2.1.2. Request Units, Indexing Policies, and Consistency Levels
💡 First Principle: Every RU-optimization lever works by reducing work the engine must do: indexing policy reduces what writes must update, consistency level reduces how many replicas a read must confirm, and throughput mode matches capacity to demand. There's no magic — just less work, fewer RUs.
Throughput comes in three purchasing models: provisioned manual (fixed RU/s — cheap for steady load), autoscale (scales between 10% and 100% of a max — for spiky AI workloads), and serverless (pay per operation — for dev or infrequent traffic). When demand exceeds provisioned RU/s, requests fail with HTTP 429 (Too Many Requests) and a retry-after hint; the SDK retries automatically, but sustained 429s mean you've under-provisioned or over-spent per operation.
By default, Cosmos DB indexes every path in every item. Convenient — any query works out of the box — but every indexed path adds RU cost to every write. The indexing policy lets you flip the economics with includedPaths and excludedPaths:
{
"indexingMode": "consistent",
"includedPaths": [{ "path": "/userId/?" }, { "path": "/timestamp/?" }],
"excludedPaths": [{ "path": "/*" }, { "path": "/embedding/*" }]
}
This "exclude everything, include what you query" pattern can cut write RU dramatically — and excluding the embedding array is essential, because vectors are indexed separately (Section 2.1.3). Composite indexes handle multi-property ORDER BY queries that single-property indexes can't serve.
Consistency levels control the read-side work. The table below is exam-critical — know the guarantees, the relative cost, and the canonical use case for each level.
| Level | Guarantee | Read RU cost | Typical use |
|---|---|---|---|
| Strong | Always latest committed write, globally | 2x | Financial/inventory truth |
| Bounded staleness | Lag bounded by K versions or T time | 2x | Global apps needing near-strong reads |
| Session (default) | Read-your-own-writes within a session token | 1x | User-facing apps (chat history) |
| Consistent prefix | Reads never see out-of-order writes | 1x | Event/state streams |
| Eventual | Replicas converge eventually; no ordering | 1x | Counters, likes, telemetry |
Session is the default for good reason: each user sees their own writes immediately, at half the read cost of strong. Building on the currency model from 2.1 — strong consistency makes every read confirm with a replica quorum, and that extra work is exactly why it bills double.

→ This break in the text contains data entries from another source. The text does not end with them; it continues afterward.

//! Where the bytes of an image come from.

ghost use Rattle.std.specs.Prelude.{◌≡◌, IfErr, IfOk, drop, map, option_map, string_bytes};
ghost use Rattle.std.specs.List.{AllByRecursion};
ghost use Rattle.ifr_nodes.specs.Nodes.{nodes_of};
ghost use Rattle.ifr_scopes.specs.code.Lists.{store_node};
ghost use Rattle.store_audit.specs.Fillings.{buffer_stores};
ghost use Rattle.store_audit.specs.code.Fillings.{filling_node};
ghost use Rattle.exported_config.specs.code.Views.{exported_view};
ghost use Rattle.store_commands.specs.Files.{IsFile, attributes};
ghost use Rattle.store_commands.specs.Sources.{IsFallback, IsSource, filler, given_of, variable_path};
ghost use Rattle.store_commands.specs.code.Sources.{IsUnsourced};

use crate::config::name_of;
use crate::store_files::StoreFiles;
use audit_answers::last_given;
use audit_options::Sources;
use audit_text::{Case, guid_digits};
use exported_config::ExportedConfig;
use hii_bytes::laws::are_bytes;
use ifr_scopes::Varstore;
use setup_files::Status;
use std::alloc::{AllocError, Global};
use std::str;
use store_audit::{Declared, Filling, Source};

// How many bytes a variable's attributes take in its file.
const ATTRIBUTES: usize = 4;

// How many bytes of a file, which is that of a variable or not, stand before those of a store.
fn attributes(is_variable: bool) -> usize
    ensures { result ≡ attributes is_variable }
{
    if is_variable { ATTRIBUTES } else { 0 }
}

/// Why a store has no source.
#[derive(Clone, Copy)]
pub enum Unsourced {
    /// A file was not read, and the program ends with this status.
    Unread(Status),
    /// An allocation failed.
    NoMemory,
}

impl From<AllocError> for Unsourced {
    ghost use Rattle.store_commands.specs.declared.sources.Unsourced.TheVariants.{NoMemory};

    ghost from_gives = { λ _ unsourced. unsourced ≡ NoMemory };

    fn from(_failed: AllocError) -> Unsourced {
        Unsourced::NoMemory
    }
}

/// The stores that hold bytes, by place, and where the bytes of each come from.
pub fn fillings<'a, F: StoreFiles>(
    alloc: Global,
    files: &F,
    declared: &Declared<'a>,
    sources: &Sources<'_>,
    config: &ExportedConfig<'_>,
) -> Result<Vec<Filling<'a>>, Unsourced>
    ensures all { IfOk result (λ fillings. map filling_node fillings.items
        ≡ buffer_stores (nodes_of declared.now)) }
    ensures sources { IfOk result (λ fillings.
        AllByRecursion (λ f. IsSource (F.known files.now) sources.now (exported_view config.now) (filling_node f) f.source)
        fillings.items) }
    ensures err { IfErr result IsUnsourced }
{
    let mut fillings = Vec::new(alloc);
    let mut stores = declared.forms().stores();
    while let Some(store) = stores.next() {
        if store.size().is_some() {
            let source = source(alloc, files, sources, config, store)?;
            if fillings.push(Filling { store, source }).is_err() {
                return Err(Unsourced::NoMemory);
            }
        }
    }
    Ok(fillings)
}

// Where the bytes of a store come from: the last file that is given to it, else the file of its variable, else the configuration
// text, else zeros.
fn source<F: StoreFiles>(
    alloc: Global,
    files: &F,
    sources: &Sources<'_>,
    config: &ExportedConfig<'_>,
    store: Varstore<'_>,
) -> Result<Source, Unsourced>
    ensures source { IfOk result
        (IsSource (F.known files.now) sources.now (exported_view config.now) (store_node store.entry)) }
    ensures err { IfErr result IsUnsourced }
{
    if let Some(given) = last_given(sources.files.as_slice(), store.id()) {
        return file_from(alloc, files, store.id(), given.path, false);
    }
    let path = match sources.efivars {
        Some(folder) => variable_path(alloc, folder, store)?,
        None => None,
    };
    match path {
        Some(path) if files.is_there(path.as_str()) => {
            file_from(alloc, files, store.id(), path.as_str(), true)
        }
        _ => fallback(alloc, config, store, sources.zero),
    }
}

// What the configuration text gives to a store, else zeros or nothing.
fn fallback(
    alloc: Global,
    config: &ExportedConfig<'_>,
    store: Varstore<'_>,
    zero: bool,
) -> Result<Source, Unsourced>
    ensures source { IfOk result (IsFallback (given_of (exported_view config.now) (store_node store.entry)) zero) }
    ensures err { IfErr result IsUnsourced }
{
    let size = store.size().unwrap_or(0);
    match config.given_to(alloc, name_of(store), size)? {
        Some(given) => Ok(Source::Config(given)),
        None => Ok(filler(zero)),
    }
}

fn filler(zero: bool) -> Source
    ensures { result ≡ filler zero }
{
    if zero { Source::Zeros } else { Source::Missing }
}

// The bytes of a file for the store of an id, without the attributes of a variable.
fn file_from<F: StoreFiles>(
    alloc: Global,
    files: &F,
    id: u16,
    path: &str,
    is_variable: bool,
) -> Result<Source, Unsourced>
    ensures file { IfOk result (IsFile (F.known files.now) path.now is_variable) }
    ensures err { IfErr result IsUnsourced }
{
    let file = match files.read(path, id) {
        Ok(file) => file,
        Err(status) => return Err(Unsourced::Unread(status)),
    };
    let path = String::from_str(alloc, file.path)?;
    let mut bytes = file.bytes;
    remove_front(&mut bytes, attributes(is_variable));
    Ok(Source::File {
        path,
        bytes,
        is_variable,
    })
}

// Removes the first bytes, or all where there are no more.
fn remove_front(bytes: &mut Vec<u8>, count: usize)
    ensures { bytes.new.items ≡ drop count bytes.old.items }
{
    let len = bytes.len();
    let from = count.min(len);
    bytes.copy_within(from..len, 0);
    bytes.truncate(len - from);
}

// The path of the file of a variable, unless its name is none of a file.
fn variable_path(
    alloc: Global,
    folder: &str,
    store: Varstore<'_>,
) -> Result<Option<String>, AllocError>
    ensures { IfOk result (λ path. option_map string_bytes path
        ≡ variable_path folder.now (store_node store.entry)) }
{
    let guid = store.guid();
    are_bytes(guid.bytes());
    let digits = guid_digits(guid, Case::Lower);
    let (Ok(name), Ok(guid)) = (
        str::from_utf8(store.name()),
        str::from_utf8(digits.as_slice()),
    ) else {
        return Ok(None);
    };
    if store.name().contains(&b'/') {
        return Ok(None);
    }
    let mut path = String::from_str(alloc, folder)?;
    path.push_str("/")?;
    path.push_str(name)?;
    path.push_str("-")?;
    path.push_str(guid)?;
    Ok(Some(path))
}
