//! The commands of `setup_audit` that are about stores: they tell them, make images of them, and tell their bytes (own rule).
#![tactic(auto)]

mod config;
pub mod export;
pub mod image;
mod saying;
mod sources;
mod store_files;
pub mod stores;
mod texts;

pub use config::{config_in, put_bad_response, text_of};
pub use image::check_folder;
pub use sources::{Unsourced, fillings};
pub use store_files::{StoreFiles, SystemFiles};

⚠️ Exam Trap: "Choose the strongest consistency to be safe" costs you double RUs and added latency on every read. When a scenario says users must see their own messages immediately — that's Session, not Strong. Strong is only right when all users must see all writes immediately, worldwide.
Reflection Question: A write-heavy logging container queries only two properties. What indexing policy change cuts costs, and why does it affect writes rather than reads?